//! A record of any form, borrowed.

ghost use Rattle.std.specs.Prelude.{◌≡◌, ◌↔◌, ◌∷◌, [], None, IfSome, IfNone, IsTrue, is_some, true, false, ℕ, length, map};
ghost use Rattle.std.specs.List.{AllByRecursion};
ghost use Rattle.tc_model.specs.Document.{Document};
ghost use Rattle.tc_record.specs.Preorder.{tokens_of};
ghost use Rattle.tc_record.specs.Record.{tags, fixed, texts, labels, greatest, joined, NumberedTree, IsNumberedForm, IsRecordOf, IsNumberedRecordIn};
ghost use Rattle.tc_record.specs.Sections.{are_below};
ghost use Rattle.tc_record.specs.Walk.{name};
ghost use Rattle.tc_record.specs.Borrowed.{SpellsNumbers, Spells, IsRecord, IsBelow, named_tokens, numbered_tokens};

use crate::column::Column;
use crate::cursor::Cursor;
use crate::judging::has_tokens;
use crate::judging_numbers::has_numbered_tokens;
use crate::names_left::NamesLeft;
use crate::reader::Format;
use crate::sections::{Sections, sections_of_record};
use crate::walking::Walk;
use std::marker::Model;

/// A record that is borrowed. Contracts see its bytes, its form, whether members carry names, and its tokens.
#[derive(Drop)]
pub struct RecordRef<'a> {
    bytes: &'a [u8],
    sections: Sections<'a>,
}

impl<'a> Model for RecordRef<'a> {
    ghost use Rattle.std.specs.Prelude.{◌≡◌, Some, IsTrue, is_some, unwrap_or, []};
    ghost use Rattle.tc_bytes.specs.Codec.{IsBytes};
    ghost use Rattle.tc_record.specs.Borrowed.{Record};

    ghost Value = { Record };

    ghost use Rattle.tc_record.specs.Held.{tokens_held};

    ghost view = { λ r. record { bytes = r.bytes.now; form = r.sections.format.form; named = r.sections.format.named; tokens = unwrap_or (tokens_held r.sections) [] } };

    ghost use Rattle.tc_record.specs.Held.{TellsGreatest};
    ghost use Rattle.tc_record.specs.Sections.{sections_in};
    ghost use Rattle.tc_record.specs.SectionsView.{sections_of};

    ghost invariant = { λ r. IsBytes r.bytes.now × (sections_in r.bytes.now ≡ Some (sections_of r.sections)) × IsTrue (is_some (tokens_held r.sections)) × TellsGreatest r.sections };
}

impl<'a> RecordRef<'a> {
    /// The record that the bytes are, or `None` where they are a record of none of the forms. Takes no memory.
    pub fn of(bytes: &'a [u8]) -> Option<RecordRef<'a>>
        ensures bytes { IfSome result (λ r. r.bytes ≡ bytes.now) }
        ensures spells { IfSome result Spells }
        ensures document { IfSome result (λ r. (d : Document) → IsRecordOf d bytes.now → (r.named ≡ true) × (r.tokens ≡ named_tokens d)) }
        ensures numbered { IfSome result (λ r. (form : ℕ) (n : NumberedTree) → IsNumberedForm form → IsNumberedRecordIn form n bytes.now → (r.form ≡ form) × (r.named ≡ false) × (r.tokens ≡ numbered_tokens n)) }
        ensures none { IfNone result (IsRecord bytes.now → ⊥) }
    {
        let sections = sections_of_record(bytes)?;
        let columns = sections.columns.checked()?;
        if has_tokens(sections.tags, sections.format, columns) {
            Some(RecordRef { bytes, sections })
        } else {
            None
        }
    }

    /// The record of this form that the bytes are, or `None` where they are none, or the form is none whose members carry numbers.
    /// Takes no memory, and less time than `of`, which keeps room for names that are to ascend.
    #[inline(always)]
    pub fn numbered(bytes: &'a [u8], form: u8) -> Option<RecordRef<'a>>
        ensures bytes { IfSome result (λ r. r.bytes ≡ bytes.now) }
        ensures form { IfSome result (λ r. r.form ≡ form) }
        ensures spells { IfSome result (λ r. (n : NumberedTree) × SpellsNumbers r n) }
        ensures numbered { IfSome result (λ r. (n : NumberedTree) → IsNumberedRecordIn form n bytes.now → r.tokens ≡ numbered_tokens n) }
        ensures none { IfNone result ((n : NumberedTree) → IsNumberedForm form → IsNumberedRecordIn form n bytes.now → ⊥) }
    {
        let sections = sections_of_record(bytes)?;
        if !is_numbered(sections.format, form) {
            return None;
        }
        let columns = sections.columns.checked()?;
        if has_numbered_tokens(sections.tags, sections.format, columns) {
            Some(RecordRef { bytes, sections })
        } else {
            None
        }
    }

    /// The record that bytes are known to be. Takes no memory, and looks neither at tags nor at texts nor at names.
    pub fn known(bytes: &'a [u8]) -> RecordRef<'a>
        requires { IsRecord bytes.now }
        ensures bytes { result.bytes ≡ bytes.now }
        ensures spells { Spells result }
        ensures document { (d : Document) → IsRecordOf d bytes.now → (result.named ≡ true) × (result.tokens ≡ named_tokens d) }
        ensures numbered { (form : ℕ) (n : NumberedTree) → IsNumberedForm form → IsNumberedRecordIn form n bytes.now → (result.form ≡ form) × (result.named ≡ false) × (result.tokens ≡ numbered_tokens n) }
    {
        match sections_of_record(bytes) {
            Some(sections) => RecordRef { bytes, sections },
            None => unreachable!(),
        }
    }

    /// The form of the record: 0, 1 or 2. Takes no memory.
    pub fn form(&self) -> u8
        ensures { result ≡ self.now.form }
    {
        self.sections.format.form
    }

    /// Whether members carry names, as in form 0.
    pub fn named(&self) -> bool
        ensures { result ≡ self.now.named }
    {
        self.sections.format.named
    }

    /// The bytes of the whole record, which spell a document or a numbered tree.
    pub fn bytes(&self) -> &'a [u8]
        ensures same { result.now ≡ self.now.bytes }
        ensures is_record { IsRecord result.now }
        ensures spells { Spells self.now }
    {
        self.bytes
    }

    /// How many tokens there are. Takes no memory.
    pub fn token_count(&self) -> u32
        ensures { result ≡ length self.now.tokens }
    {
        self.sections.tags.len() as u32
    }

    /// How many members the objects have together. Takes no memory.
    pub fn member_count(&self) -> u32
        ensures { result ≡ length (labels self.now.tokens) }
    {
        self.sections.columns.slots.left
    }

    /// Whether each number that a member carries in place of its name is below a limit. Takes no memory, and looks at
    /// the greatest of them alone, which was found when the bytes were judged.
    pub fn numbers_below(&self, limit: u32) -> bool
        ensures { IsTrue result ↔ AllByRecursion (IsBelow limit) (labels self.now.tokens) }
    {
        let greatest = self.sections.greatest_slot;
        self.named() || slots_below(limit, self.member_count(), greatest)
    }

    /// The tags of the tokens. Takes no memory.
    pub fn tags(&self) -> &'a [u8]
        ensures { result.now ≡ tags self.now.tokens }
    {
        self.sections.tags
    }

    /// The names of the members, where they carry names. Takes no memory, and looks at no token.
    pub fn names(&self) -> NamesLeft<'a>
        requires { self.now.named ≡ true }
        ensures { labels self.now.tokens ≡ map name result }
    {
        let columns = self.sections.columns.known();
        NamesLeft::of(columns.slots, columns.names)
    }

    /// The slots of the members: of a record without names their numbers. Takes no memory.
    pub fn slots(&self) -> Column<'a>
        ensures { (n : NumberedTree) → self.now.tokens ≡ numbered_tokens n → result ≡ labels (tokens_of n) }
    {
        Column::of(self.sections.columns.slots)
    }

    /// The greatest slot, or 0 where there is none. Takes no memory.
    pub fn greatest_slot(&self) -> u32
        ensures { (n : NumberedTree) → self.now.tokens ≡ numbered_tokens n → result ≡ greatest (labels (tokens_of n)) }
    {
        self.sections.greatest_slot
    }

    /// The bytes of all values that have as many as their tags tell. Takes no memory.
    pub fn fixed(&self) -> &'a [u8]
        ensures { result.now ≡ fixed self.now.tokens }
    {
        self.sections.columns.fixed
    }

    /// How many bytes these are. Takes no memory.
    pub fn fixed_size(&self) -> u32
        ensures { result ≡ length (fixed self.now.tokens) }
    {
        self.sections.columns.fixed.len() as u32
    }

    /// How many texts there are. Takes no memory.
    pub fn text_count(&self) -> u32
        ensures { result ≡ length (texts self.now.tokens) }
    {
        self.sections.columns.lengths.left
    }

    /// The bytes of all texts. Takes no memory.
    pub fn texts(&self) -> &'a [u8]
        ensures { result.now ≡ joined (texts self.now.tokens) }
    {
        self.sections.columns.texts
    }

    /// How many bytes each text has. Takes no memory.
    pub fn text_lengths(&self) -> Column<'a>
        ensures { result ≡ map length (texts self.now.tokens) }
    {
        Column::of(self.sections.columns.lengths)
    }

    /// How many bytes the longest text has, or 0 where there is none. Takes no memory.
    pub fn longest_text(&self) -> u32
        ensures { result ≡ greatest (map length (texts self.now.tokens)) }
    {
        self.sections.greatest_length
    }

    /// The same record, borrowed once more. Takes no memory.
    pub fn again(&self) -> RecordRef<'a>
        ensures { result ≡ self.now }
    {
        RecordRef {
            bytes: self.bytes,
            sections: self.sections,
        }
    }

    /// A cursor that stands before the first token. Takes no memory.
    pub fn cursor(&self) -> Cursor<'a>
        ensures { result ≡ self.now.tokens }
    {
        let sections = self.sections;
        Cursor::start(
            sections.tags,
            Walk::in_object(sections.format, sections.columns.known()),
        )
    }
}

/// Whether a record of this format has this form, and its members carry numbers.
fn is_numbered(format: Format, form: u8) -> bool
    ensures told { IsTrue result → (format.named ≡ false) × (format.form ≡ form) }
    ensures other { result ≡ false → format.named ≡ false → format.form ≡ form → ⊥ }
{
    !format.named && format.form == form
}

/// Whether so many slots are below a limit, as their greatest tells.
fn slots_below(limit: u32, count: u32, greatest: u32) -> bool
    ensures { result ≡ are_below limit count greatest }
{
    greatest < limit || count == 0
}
——
> _YOUR ASSIGNMENT_
Show the lines above that include "SpellsNumbers".

> _TASK RESULT_
ghost use Rattle.tc_record.specs.Borrowed.{SpellsNumbers, Spells, IsRecord, IsBelow, named_tokens, numbered_tokens};
        ensures spells { IfSome result (λ r. (n : NumberedTree) × SpellsNumbers r n) }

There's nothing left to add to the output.